= Social trading =

Form of investing

Social trading is a form of investing that allows investors to observe the trading behavior of their peers and expert traders. The primary objective is to follow their investment strategies using copy trading or mirror trading. Social trading requires little or no knowledge about financial markets.

==History==
One of the first social trading platforms was Collective2] which began offering a social trading functionality to retail traders as early as 2003 (preceding ZuluTrade by four years). In 2010, social trading started to achieve a greater degree of mainstream appeal with eToro, followed by Wikifolio in 2012. Europe-based NAGA, listed on Frankfurt Stock Exchange since 2017, claims more than EUR 27 billion was traded on its platform in the second half of 2019. Some of the other contemporary social trading platforms and tech providers are Trading Motion, Brokeree Solutions, iSystems, and FX Junction, among others.

===Research===

MIT Computer Scientist and researcher Yaniv Altshuler described social trading networks as complex adaptive systems, and in his 2014 research on eToro's OpenBook, wrote that "Having the inherent ability to share ideas and information between each others, OpenBook's users are given a new source of information they can use in order to enhance their trading performance. As the users are not playing against each other but rather – against the market, this situation becomes a non zero-sum game, hence incentivizing the users to share as much information as possible." His paper concludes that "social trading provides much better opportunities for profiting compared with individual trading," but that users make "excellent but sometimes not optimal decisions in selecting experts when they can see others' choices."

A 2015 World Economic Forum report described social trading networks as disruptors, which "have emerged to provide low-cost, sophisticated alternatives to traditional wealth managers. These solutions cater to a broader customer base and empower customers to have more control of their wealth management," and "pose a tangible threat to the traditional practices of the wealth management industry".

Economist Nouriel Roubini's thinktank predicted in 2016 that "newer forms of investment, such as socially responsible investments and social trading will bring some of the largest industry growth in the coming years."

A 2017 St. John's University study found that 'leader' traders, or those with followers, are more susceptible to the disposition effect than investors that are not being followed by any other traders, with the authors suggesting the observation may be explained by "leaders feeling responsible towards their followers and an urge to not let them down, by fear of losing followers when admitting a bad investment decision and signaling confidence in their initial investment choice, or by an attempt of newly appointed leaders to manage their self-image."

Social trading may potentially also change how much risk investors take. A recent experimental study argues that merely providing information on the success of others may lead to a significant increase in risk taking. This increase in risk taking may even be larger when subjects are provided with the option to directly copy others.

== Characteristics ==
Social trading is an alternative way of analyzing financial data by looking at what other traders are doing and comparing and copying their techniques and strategies. Prior to the advent of social trading, investors and traders were relying on fundamental or technical analysis to form their investment decisions. Using social trading investors and traders could integrate into their investment decision-process social indicators from trading data-feeds of other traders. Social trading platforms or networks can be considered a subcategory of social networking services.

Social trading allows traders to trade online with the help of others and some have claimed shortens the learning curve from novice to experienced trader. Traders can interact with others, watch others take trades, then duplicate their trades and learn what prompted the top performer to take a trade in the first place. By copying trades, traders can learn which strategies work and which do not work. Social trading is used to do speculation; in the moral context speculative practices are considered negatively and to be avoided by each individual. who conversely should maintain a long-term horizon avoiding any types of short term speculation.

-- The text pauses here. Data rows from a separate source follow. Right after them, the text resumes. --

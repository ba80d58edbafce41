//! The sums of an objective, made from the rows of the book.
ghost use Rattle.std.specs.Prelude.{◌≡◌, ◌≤◌, IfOk, length};
ghost use Rattle.std.specs.Int.{◌∣◌};
ghost use Rattle.std.specs.List.{AllByRecursion};
ghost use Rattle.slo_limits.specs.declared.TheConstants.{MAX_SUMMED_ROWS};
ghost use Rattle.window_sums.specs.Slices.{width_of};
ghost use Rattle.kept_sums.specs.Objectives.{made_for};
ghost use Rattle.kept_sums.specs.Sums.{RowFits, SumsAreKept};

use crate::counting::{NO_COUNTS, counts_near, row_at};
use crate::exchange::exchange;
use office_history::Measure;
use sample_book::{ExclusionHint, SampleBook};
use std::alloc::{AllocError, Global};
use window_sums::WindowSums;

/// The sums of an objective, from the rows of its indicator alone. From sums that are pooled
/// nothing is excluded.
///
/// # Errors
///
/// Memory ran out.
pub(crate) fn sums_over(
    alloc: Global,
    measure: &Measure,
    pool: bool,
    book: &SampleBook,
) -> Result<WindowSums, AllocError>
    requires width { width_of measure.now.method ∣ 60 }
    requires forms { AllByRecursion (RowFits measure.now) book.now.rows }
    requires few { length book.now.rows ≤ MAX_SUMMED_ROWS }
    ensures { IfOk result
        (SumsAreKept measure.now (made_for pool book.now.exclusions) book.now.rows) }
{
    let mut sums = WindowSums::new(alloc, measure.method);
    let mut hint = ExclusionHint::new();
    let mut next = book.last_row(measure.sli);
    while let Some(place) = next {
        let row = row_at(book, place);
        sums.reserve(row.minute)?;
        let counts = counts_near(measure, pool, book, &row, &mut hint);
        exchange(&mut sums, row.minute, NO_COUNTS, counts);
        next = book.row_before(place);
    }
    Ok(sums)
}
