//! The places of a list at which something waits, linked with one another.
ghost use Rattle.std.specs.Prelude.{◌≡◌, ℕ, ◌-◌, ◌<◌, ◌==◌, ◌∷◌, [], ◌++◌, false, length};
ghost use Rattle.std.specs.Prelude.{slice_index_or, slice_set, vec_capacity, vec_len, Some};
ghost use Rattle.std.specs.Prelude.{if◌then◌else◌};
ghost use Rattle.notice_box.specs.Links.{earlier_at, if_there, is_at, later_at, no_link};
ghost use Rattle.notice_box.specs.Box.{no_notice, waits};

use crate::notice::Notice;

/// The nearest places before and behind a place at which something waits.
#[derive(Clone, Copy)]
pub(crate) struct Link {
    pub(crate) earlier: Option<u32>,
    pub(crate) later: Option<u32>,
}

/// Lets the place before, or where there is none the whole list, go on at `later`.
pub(crate) fn go_on(
    links: &mut Vec<Link>,
    first: Option<u32>,
    earlier: Option<u32>,
    later: Option<u32>,
) -> Option<u32>
    requires { (place : ℕ) → earlier ≡ Some place → place < length links.old.items }
    ensures first { result ≡ if_there earlier first later }
    ensures later { (place : ℕ) → later_at links.new.items place
        ≡ (if is_at earlier place then later else later_at links.old.items place) }
    ensures earlier { (place : ℕ) → earlier_at links.new.items place
        ≡ earlier_at links.old.items place }
    ensures len { length links.new.items ≡ length links.old.items }
    ensures room { vec_capacity links.new - vec_len links.new
        ≡ vec_capacity links.old - vec_len links.old }
{
    match earlier {
        Some(place) => {
            links[place as usize].later = later;
            first
        }
        None => later,
    }
}

/// Lets the place behind, or where there is none the whole list, come from `earlier`.
pub(crate) fn come_from(
    links: &mut Vec<Link>,
    last: Option<u32>,
    later: Option<u32>,
    earlier: Option<u32>,
) -> Option<u32>
    requires { (place : ℕ) → later ≡ Some place → place < length links.old.items }
    ensures last { result ≡ if_there later last earlier }
    ensures earlier { (place : ℕ) → earlier_at links.new.items place
        ≡ (if is_at later place then earlier else earlier_at links.old.items place) }
    ensures later { (place : ℕ) → later_at links.new.items place ≡ later_at links.old.items place }
    ensures len { length links.new.items ≡ length links.old.items }
    ensures room { vec_capacity links.new - vec_len links.new
        ≡ vec_capacity links.old - vec_len links.old }
{
    match later {
        Some(place) => {
            links[place as usize].earlier = earlier;
            last
        }
        None => earlier,
    }
}

pub(crate) fn link_at(links: &[Link], place: u32) -> Link
    requires { place < length links.now }
    ensures { result ≡ slice_index_or links.now place no_link }
{
    links[place as usize]
}

pub(crate) fn waits_at(made: &[(Notice, bool)], place: u32) -> bool
    requires { place < length made.now }
    ensures { result ≡ waits made.now place }
{
    made[place as usize].1
}

pub(crate) fn notice_at(made: &[(Notice, bool)], place: u32) -> Notice
    requires { place < length made.now }
    ensures { result ≡ (slice_index_or made.now place no_notice).0 }
{
    made[place as usize].0
}

/// The notice at a place waits no more.
pub(crate) fn let_go(made: &mut Vec<(Notice, bool)>, place: u32)
    requires { place < length made.old.items }
    ensures made { made.new.items ≡ slice_set made.old.items place
        ((slice_index_or made.old.items place no_notice).0, false) }
    ensures room { vec_capacity made.new - vec_len made.new
        ≡ vec_capacity made.old - vec_len made.old }
{
    let notice = notice_at(made, place);
    made[place as usize] = (notice, false);
}
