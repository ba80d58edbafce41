//! What becomes of the sums as a catalog takes the place of another.
ghost use Rattle.std.specs.Prelude.{◌≡◌, [], OnOk, map, true};
ghost use Rattle.std.specs.Bool.{Decides};
ghost use Rattle.std.specs.List.{Contains};
ghost use Rattle.office_history.specs.declared.Measure.{Measure};
ghost use Rattle.kept_sums.specs.Objectives.{key_by};
ghost use Rattle.kept_sums.specs.Plans.{HasEither, IsReady, IsThere, wanted_keys};

use crate::kept::{KeptSums, ObjectiveSums, has_key};
use crate::same::has_same_key;
use office_history::Measure;
use std::alloc::{AllocError, Global};

/// The sums that are wanted, each by an objective that has its key, and those of them that weren't
/// kept.
#[derive(Drop)]
pub struct ListPlan {
    pub wanted: Vec<Measure>,
    pub made: Vec<ObjectiveSums>,
}

/// The sums that are to be kept: those of SLOs that have exclusions, and the pooled ones.
#[derive(Drop)]
pub struct SumsPlan {
    pub own: ListPlan,
    pub pooled: ListPlan,
}

impl ListPlan {
    /// Nothing is wanted yet. Takes no memory.
    pub fn new(alloc: Global) -> ListPlan
        ensures wanted { result.wanted.items ≡ [] }
        ensures made { result.made.items ≡ [] }
    {
        ListPlan {
            wanted: Vec::new(alloc),
            made: Vec::new(alloc),
        }
    }

    /// Whether sums of this key are among those that are wanted.
    pub(crate) fn wants(&self, pool: bool, measure: &Measure) -> bool
        ensures { Decides result
            (Contains (wanted_keys pool self.now) (key_by pool measure.now)) }
    {
        is_wanted(&self.wanted, pool, measure)
    }
}

/// Whether sums of this key are among those that are wanted.
pub fn is_wanted(wanted: &[Measure], pool: bool, measure: &Measure) -> bool
    ensures { Decides result (Contains (map (key_by pool) wanted.now) (key_by pool measure.now)) }
{
    for other in wanted {
        if has_same_key(pool, other, measure) {
            return true;
        }
    }
    false
}

/// Whether sums are kept under the key of an objective, or come with a plan.
fn has_either(objectives: &[ObjectiveSums], pool: bool, plan: &ListPlan, measure: &Measure) -> bool
    ensures { result ≡ true → HasEither pool objectives.now plan.now (key_by pool measure.now) }
{
    let kept = has_key(objectives, pool, measure);
    if kept {
        return true;
    }
    has_key(&plan.made, pool, measure)
}

/// Whether all sums that are wanted are kept, or come with the plan.
fn is_there(objectives: &[ObjectiveSums], pool: bool, plan: &ListPlan) -> bool
    ensures { result ≡ true → IsThere pool objectives.now plan.now }
{
    for measure in &plan.wanted {
        let there = has_either(objectives, pool, plan, measure);
        if !there {
            return false;
        }
    }
    true
}

impl KeptSums {
    /// Makes room for the sums of a plan, all of which are kept or come with it. After an error
    /// they are as before.
    ///
    /// # Errors
    ///
    /// Memory ran out.
    pub fn make_ready(&mut self, plan: &SumsPlan) -> Result<(), AllocError>
        ensures own { self.new.own ≡ self.old.own }
        ensures pooled { self.new.pooled ≡ self.old.pooled }
        ensures ready { OnOk result (IsReady self.new plan.now) }
    {
        let own = is_there(&self.own, false, &plan.own);
        if !own {
            return Err(AllocError);
        }
        let pooled = is_there(&self.pooled, true, &plan.pooled);
        if !pooled {
            return Err(AllocError);
        }
        self.reserve(plan.own.made.len(), plan.pooled.made.len())
    }
}
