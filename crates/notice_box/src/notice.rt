//! What a notice says.
use burn_core::State;
use exact_fraction::Label;

/// An alert has come to a new state.
#[derive(Clone, Copy, PartialEq, Eq)]
pub struct Notice {
    /// Its place among all notices, from 1.
    pub number: u32,
    /// The moment of the tick that gave it, in minutes since 1970-01-01T00:00Z.
    pub at: u32,
    /// The objective whose alert it is, and which of its targets, from 0.
    pub slo: Label,
    pub objective: u32,
    /// The alert policy of that objective.
    pub policy: Label,
    pub state: State,
}
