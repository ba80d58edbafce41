//! What the kept counts are.
ghost use Rattle.std.specs.Prelude.{◌≡◌, ◌<◌, ℕ, Bool, List};
ghost use Rattle.sample_book.specs.declared.Exclusion.{Exclusion};
ghost use Rattle.sample_book.specs.declared.Row.{Row};
ghost use Rattle.window_sums.specs.Slices.{CountedDays, counts_of, width_of};
ghost use Rattle.office_history.specs.Counts.{slice_counts};
ghost use Rattle.office_history.specs.declared.Measure.{Measure};
ghost use Rattle.kept_sums.specs.Sums.{SumsAreKept};

/// No work, and a law: the counts of a slice are what the objective counts in its minutes, added
/// up.
pub fn kept_counts_are_those_of_the_minutes()
    ensures { (m : Measure) (made : List (Exclusion × Bool)) (rows : List Row) (sums : CountedDays)
        (slice : ℕ) → 0 < width_of m.method → SumsAreKept m made rows sums
        → counts_of sums slice ≡ slice_counts (record { rows = rows; exclusions = made }) m slice }
{}
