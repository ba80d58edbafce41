//! Sums that are to be kept, copied from others that count the same, or made from the rows.
ghost use Rattle.std.specs.Prelude.{◌≤◌, [], IfOk, length};
ghost use Rattle.std.specs.Int.{◌∣◌};
ghost use Rattle.std.specs.List.{AllByRecursion};
ghost use Rattle.slo_limits.specs.declared.TheConstants.{MAX_SUMMED_ROWS};
ghost use Rattle.window_sums.specs.Slices.{width_of};
ghost use Rattle.kept_sums.specs.Objectives.{AreKept, made_for};
ghost use Rattle.kept_sums.specs.Sums.{RowFits, SumsAreKept};

use crate::from_rows::sums_over;
use crate::kept::KeptSums;
use office_history::Measure;
use sample_book::SampleBook;
use std::alloc::{AllocError, Global};
use window_sums::WindowSums;

impl KeptSums {
    /// Sums of an objective, of its SLO or to be pooled, as `sums_over` makes them from the rows.
    /// While no exclusion of the SLO is live, both are one, so they are a copy of those that are
    /// kept: then no row is looked at.
    ///
    /// # Errors
    ///
    /// Memory ran out.
    pub fn new_sums(
        &self,
        alloc: Global,
        measure: &Measure,
        pool: bool,
        book: &SampleBook,
    ) -> Result<WindowSums, AllocError>
        requires own { AreKept book.now.exclusions book.now.rows self.now.own }
        requires pooled { AreKept [] book.now.rows self.now.pooled }
        requires width { width_of measure.now.method ∣ 60 }
        requires forms { AllByRecursion (RowFits measure.now) book.now.rows }
        requires few { length book.now.rows ≤ MAX_SUMMED_ROWS }
        ensures { IfOk result
            (SumsAreKept measure.now (made_for pool book.now.exclusions) book.now.rows) }
    {
        let excluded = book.has_exclusions(measure.slo);
        if excluded {
            return sums_over(alloc, measure, pool, book);
        }
        match self.find(measure) {
            Some(sums) => sums.copy(),
            None => sums_over(alloc, measure, pool, book),
        }
    }
}
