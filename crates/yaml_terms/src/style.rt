//! The header of a block scalar.

/// What becomes of the line feeds at the end of a block scalar (YAML 1.2.2, section 8.1.1.2).
#[derive(Clone, Copy, Drop)]
pub enum Chomping {
    /// No sign: one is kept.
    Clip,
    /// `-`: none is kept.
    Strip,
    /// `+`: all are kept.
    Keep,
}

/// A block scalar's header: literal or folded, and its sign.
#[derive(Clone, Copy, Drop)]
pub struct Style {
    pub folded: bool,
    pub chomping: Chomping,
}
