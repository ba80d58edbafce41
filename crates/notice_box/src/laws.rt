//! How many notices wait.
ghost use Rattle.notice_box.specs.Laws.{TakingsAreFew};

/// All notices that were made are at most those that wait and the takings together: numbers are
/// distinct, so that what takes one number takes one notice at most.
pub fn takings_are_few()
    ensures { TakingsAreFew }
{}
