//! Whole questions to a line, against answers of a plain evaluation outside of this code: sums of
//! leaves, fractions and sets of minutes.
ghost use Rattle.std.specs.Prelude.{◌≡◌, ◌+◌, ◌<◌, ◌≤◌};
ghost use Rattle.std.specs.Int.{◌∣◌};
ghost use Rattle.burn_core.specs.Alert.{IsRule};
ghost use Rattle.window_sums.specs.Slices.{CountedDays, width_of};
ghost use Rattle.alert_line.specs.Line.{Agrees, IsMinute, SameAlert};

use crate::added_events::{filled, method_of};
use crate::expectations::{expect, expect_text};
use crate::row_words::number;
use alert_line::{AlertLine, Spans};
use burn_core::{AlertRule, State};
use exact_fraction::{Decimal, Op, read_decimal};
use slice_method::Method;
use std::alloc::Global;
use std::marker::Brand;
use std::process::Abort;
use std::str::SplitWhitespace;
use std::sync::ledger::{Blank, Ledger};
use sum_pages::Steps;
use window_sums::WindowSums;

/// The first line of a block has the width of the slices and the samples, each a minute, its good
/// events and all. The others are questions: a rule (operator, threshold, lookback and wait, or the
/// name of a built-in one), the target, the origin, a range and a minute. The answer is the
/// condition and the state at that minute, and when the alert is active within the range.
fn questions() -> &'static str {
    "\
1  1880 200000 200000  1998 98560 100000
page 0.999 0 1990 2010 2000 => false quiet

1  1880 200000 200000  1998 98559 100000
page 0.999 0 1990 2010 2000 => true breaching 1999..2004
page 0.999 0 1990 2010 2004 => false quiet 1999..2004
page 0.999 2000 2000 2010 2000 => true breaching 2000..2004

1  109 0 10
gt 1 10 0 0.9 0 100 130 115 => true breaching 110..120
gt 1 10 5 0.9 0 100 130 115 => true breaching 115..120
gt 1 10 9 0.9 0 100 130 119 => true breaching 119..120
gt 1 10 10 0.9 0 100 130 119 => true quiet

1  100 0 10  109 0 10
gt 1 10 0 0.9 110 110 130 110 => true breaching 110..120
gt 1 10 5 0.9 110 110 130 114 => true quiet 115..120
gt 1 10 9 0.9 101 101 130 109 => true quiet 110..120

1
gt 2 60 0 0.999 0 0 40 20 => false no_data
lte 10000 60 0 0.999 0 0 40 20 => false no_data

1  1000 1 1
lte 10000 60 0 0.999 0 990 1070 1001 => true breaching 1001..1061
lte 10000 60 0 0.999 0 990 1070 1061 => false no_data 1001..1061

1  1000 0 1000
gt 2 60 5 0.999 0 900 1200 1000 => false no_data 1006..1061
gt 2 60 5 0.999 0 900 1200 1006 => true breaching 1006..1061
gt 2 60 5 0.999 0 900 1200 1061 => false no_data 1006..1061
gt 2 60 5 0.999 0 1000 1006 1005 => true quiet
gt 2 60 5 0.999 0 1006 1007 1006 => true breaching 1006..1007
gt 2 60 5 0.999 0 1060 1100 1060 => true breaching 1060..1061
gt 2 60 5 0.999 0 1010 1010 1010 => true breaching
gt 2 60 5 0.999 1003 1003 1100 1007 => true quiet 1008..1061

1  1700 10000000 10000000  1998 98559 100000
page 0.999 0 1990 2070 2000 => true breaching 1999..2004
ticket 0.999 0 1990 2070 2000 => false quiet

1  1990 9930 10000
page 0.999 0 1985 2400 2000 => true breaching 1991..2021
ticket 0.999 0 1985 2400 2000 => true breaching 1991..2351

1  1990 9980 10000
page 0.999 0 1985 2400 2000 => false quiet
ticket 0.999 0 1985 2400 2000 => true breaching 1991..2351

1  1700 9990 10000  1990 9930 10000  1998 9800 10000
page 0.999 0 1985 2100 1999 => true breaching 1999..2029
ticket 0.999 0 1985 2100 1999 => true breaching 1991..2100

1  1 995 1000  61 995 1000  121 995 1000  181 995 1000  241 995 1000
gt 5 60 0 0.999 0 60 130 121 => false quiet
gte 5 60 0 0.999 0 60 130 121 => true breaching 60..130
lt 5 60 0 0.999 0 60 130 121 => false quiet
lte 5 60 0 0.999 0 60 130 121 => true breaching 60..130
gt 4.999999999 60 0 0.999 0 60 130 121 => true breaching 60..130
lte 4.999999999 60 0 0.999 0 60 130 121 => false quiet
page 0.9996 0 0 300 130 => true breaching 2..32 62..92 122..152 182..212 242..272
ticket 0.999 0 0 900 1 => false no_data 2..602

1  3 1 2  7 9 10  64 0 5  65 5 5  119 3 4  120 4 4  180 0 1  239 8 8
gte 1 100 0 0.5 0 0 130 4 => true breaching 4..8 108..120
gte 1 100 3 0.5 0 0 130 7 => true breaching 7..8 111..120
gte 0.4 100 3 0.5 50 50 130 52 => false quiet 68..130
lt 1 7 2 0.5 66 66 200 70 => false quiet 122..128
gte 0.5 60 20 0.5 0 84 100 84 => true quiet 85..100
gte 0.5 60 20 0.5 0 85 100 85 => true breaching 85..100

5  3 1 2  7 9 10  64 0 5  65 5 5  119 3 4  120 4 4  180 0 1  239 8 8
gte 1 7 0 0.5 0 0 260 69 => false no_data 5..8 65..68 185..188
gt 1 13 2 0.5 0 0 260 124 => false quiet 67..70 187..194
lte 1 4 0 0.5 3 3 260 70 => false no_data
lt 0.7 62 1 0.5 0 0 260 200 => false quiet 11..65 124..183 244..260
gte 1 5 0 0.5 0 60 70 65 => true breaching 65..66
gt 1 5 0 0.5 0 60 70 65 => true breaching 65..66

5  101 0 10  104 0 10  108 0 10
gt 1 12 4 0.9 0 95 130 110 => true breaching 109..118
gt 1 12 0 0.9 101 101 130 101 => false no_data 105..118
page 0.9996 0 95 500 112 => true breaching 105..136
ticket 0.9996 0 95 500 480 => false quiet 105..466

60  3 1 2  7 9 10  64 0 5  65 5 5  119 3 4  120 4 4  180 0 1  239 8 8
gte 1 119 0 0.5 0 0 330 125 => true breaching 60..180 240..300
gte 1 60 10 0.5 0 0 330 130 => false no_data
gt 1 59 0 0.5 0 0 330 125 => false no_data
gte 2 150 5 0.5 0 0 330 245 => false quiet 65..180 276..330
gt 2 150 5 0.5 0 0 330 245 => false quiet
lte 0 300 0 0.5 70 70 400 180 => false quiet
lt 2 130 61 0.5 0 0 400 250 => true breaching 241..251
page 0.5 0 0 500 61 => false no_data
ticket 0.5 0 0 600 361 => true breaching 60..421 481..541

1  100 0 10  43299 10 10
gte 5 43200 0 0.9 0 43295 43305 43300 => true breaching 43295..43301
gte 5 43200 0 0.9 0 43295 43305 43301 => false quiet 43295..43301
gt 5 43200 2 0.9 0 98 105 103 => true breaching 103..105
gte 10 43199 43197 0.9 0 43290 43310 43299 => true breaching 43298..43300

1  2097000 0 10
gt 1 150 30 0.9 0 2097020 2097152 2097151 => false no_data 2097031..2097151
gt 1 152 30 0.9 0 2097020 2097152 2097151 => true breaching 2097031..2097152"
}

fn decimal<R: Abort>(rt: &R, word: Option<&str>, most: u64) -> Decimal
    ensures { result ≤ most }
{
    let text = word.expect(rt, "a decimal");
    let decimal = read_decimal(text.as_bytes()).ok().expect(rt, text);
    assert!(rt; decimal.billionths() <= most);
    decimal
}

/// All events, or the ratios of slices of five minutes, or slices of an hour.
fn method_by(width: &str) -> Method
    ensures { width_of result ∣ 60 }
{
    match width {
        "60" => method_of(60, Some(990_000_000)),
        "5" => method_of(5, None),
        _ => method_of(0, None),
    }
}

/// The sums of a block.
fn sums_of<R: Abort>(rt: &R, alloc: Global, line: &str) -> WindowSums {
    let (width, events) = line.split_once(" ").unwrap_or((line, ""));
    filled(rt, alloc, method_by(width), events)
}

fn op_of(name: &str) -> Op {
    match name {
        "lte" => Op::Lte,
        "gte" => Op::Gte,
        "lt" => Op::Lt,
        _ => Op::Gt,
    }
}

fn rule_of<R: Abort>(rt: &R, words: &mut SplitWhitespace<'_>) -> AlertRule
    ensures { IsRule result }
{
    let name = words.next().expect(rt, "a rule");
    if name == "page" {
        return AlertRule::Page;
    }
    if name == "ticket" {
        return AlertRule::Ticket;
    }
    AlertRule::Single {
        op: op_of(name),
        threshold: decimal(rt, words.next(), 10_000_000_000_000),
        lookback: number(rt, words.next(), 43_200) as u32,
        after: number(rt, words.next(), 43_200) as u32,
    }
}

/// The line of a question, and its origin.
fn line_of<R: Abort>(rt: &R, alloc: Global, words: &mut SplitWhitespace<'_>) -> (AlertLine, u32)
    ensures origin { result.0.origin ≡ result.1 }
    ensures agrees { (sums : CountedDays) → Agrees result.0 sums }
{
    let rule = rule_of(rt, words);
    let target = decimal(rt, words.next(), 999_999_999);
    let origin = number(rt, words.next(), 3_000) as u32;
    let line = AlertLine::new(alloc, origin, rule, target).expect(rt, "a line");
    (line, origin)
}

fn shown(rt: &(impl AllocGlobal + Abort), holds: bool, state: State, spans: &Spans) -> String {
    let word = state.word();
    let mut text = format!(in rt.alloc(); "{holds} {word}").expect(rt, "memory");
    for (from, to) in spans {
        let span = format!(in rt.alloc(); " {from}..{to}").expect(rt, "memory");
        text.push_str(&span).expect(rt, "memory");
    }
    text
}

fn answer_by<L: Ledger, R: AllocGlobal + Abort>(
    rt: &R,
    line: &mut AlertLine,
    range: (u32, u32),
    at: u32,
    sums: &WindowSums,
    blank: Blank,
) -> String
    requires order { range.0 ≤ range.1 }
    requires begin { line.old.origin ≤ range.0 }
    requires end { range.1 ≤ line.old.origin + 2097152 }
    requires minute { IsMinute line.old at }
    requires agrees { Agrees line.old sums.now }
    requires blank { (blank.name ≡ L.name) × (blank.parts ≡ L.parts) × (0 < L.parts) }
    ensures alert { SameAlert line.old line.new }
    ensures agrees { Agrees line.new sums.now }
{
    let mut steps = Steps::<L>::new(blank);
    let holds = line.condition_at(at, sums, &mut steps);
    let state = line.state_at(at, sums, &mut steps);
    let spans = line
        .intervals(range.0, range.1, sums, &mut steps)
        .expect(rt, "memory");
    shown(rt, holds, state, &spans)
}

/// The line gives the answer of a row, for a caller that counts no steps.
fn expect_answer<R: AllocGlobal + Abort>(
    rt: &R,
    line: &mut AlertLine,
    range: (u32, u32),
    at: u32,
    sums: &WindowSums,
    row: (&str, &str),
)
    requires order { range.0 ≤ range.1 }
    requires begin { line.old.origin ≤ range.0 }
    requires end { range.1 ≤ line.old.origin + 2097152 }
    requires minute { IsMinute line.old at }
    requires agrees { Agrees line.old sums.now }
    ensures alert { SameAlert line.old line.new }
    ensures agrees { Agrees line.new sums.now }
{
    let told = answer_by::<Brand, R>(rt, line, range, at, sums, Blank::new(1));
    expect_text(rt, row.0, &told, row.1);
}

/// Asks a new line, again when all is known, and again when a part was forgotten. Gives the line.
fn ask<R: AllocGlobal + Abort>(rt: &R, row: &str, sums: &WindowSums) -> AlertLine {
    let (question, want) = row.split_once(" => ").expect(rt, "an answer");
    let mut words = question.split_whitespace();
    let (mut line, origin) = line_of(rt, rt.alloc(), &mut words);
    let from = number(rt, words.next(), 2_097_152) as u32;
    let to = number(rt, words.next(), 2_097_152) as u32;
    let at = number(rt, words.next(), 2_097_151) as u32;
    assert!(rt; origin <= from && from <= to && origin <= at);
    expect_answer(rt, &mut line, (from, to), at, sums, (question, want));
    expect_answer(rt, &mut line, (from, to), at, sums, (question, want));
    line.mark(at, to);
    expect_answer(rt, &mut line, (from, to), at, sums, (question, want));
    line
}

#[test]
fn lines_answer_as_a_plain_evaluation_does(rt: HostRuntime) {
    for block in questions().split("\n\n") {
        let (samples, rows) = block.split_once('\n').expect(&rt, "questions");
        let sums = sums_of(&rt, rt.alloc(), samples);
        for row in rows.lines() {
            ask(&rt, row, &sums);
        }
    }
}

#[test]
fn marks_forget_their_minutes_alone(rt: HostRuntime) {
    let sums = sums_of(&rt, rt.alloc(), "1  1000 0 1000");
    let row = "gt 2 60 5 0.999 0 900 1200 1006 => true breaching 1006..1061";
    let mut line = ask(&rt, row, &sums);
    line.mark(1_061, 1_061);
    for minute in 0..2_000 {
        let is_known = line.known_at(minute).is_some();
        expect(&rt, is_known == (895..1_200).contains(&minute), "known");
    }
    line.mark(1_001, 1_061);
    for minute in 895..1_200 {
        let is_forgotten = line.known_at(minute).is_none();
        expect(
            &rt,
            is_forgotten == (1_001..1_061).contains(&minute),
            "forgotten",
        );
    }
}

Social Media has permeated the trading world such that two main types of trading has evolved:

Traditional Trades
- Single (or non-social) trade: Trader A places a normal trade by himself or herself; This can by manual or automated
Social Trading

There are two main types of social trading:
- Copy trade: Trader A places exactly the same trade as trader B's one single trade; (iii)
- Mirror trade: Trader A automatically executes trader B's every single trade, i.e., trader A follows exactly trader B's trading activities.
Other variations offered on some platforms allow users to copy another trader's portfolio (copy portfolio), and follow a trader's dividends (copy dividends), where whenever a followed trader withdraws money from his or her account, a proportional amount of money will be withdrawn from the balance of their follower, in real time.

===Key features===
- Information flow: Unencumbered access to information is important in financial markets and that makes the free exchange of information of interest to small scale as well as individual investors.
- Cooperative trading: Social trading offers traders the opportunity to work together in trading teams which can trade the markets collaboratively, whether by pooling funds, dividing research or through sharing information.
- Monetization: As with social networks in the broader sense, monetization strategies are not always clear. As with social networks in general, it is possible, however, that the long-term worth of such websites may come from the variety and depth of data about their users which their active communities are likely to generate.
- Transparency: Social trading platforms reveal traders' performance stats, open and past positions, and market sentiment, giving members complete information to assess the credibility of the contributors they follow on the platform.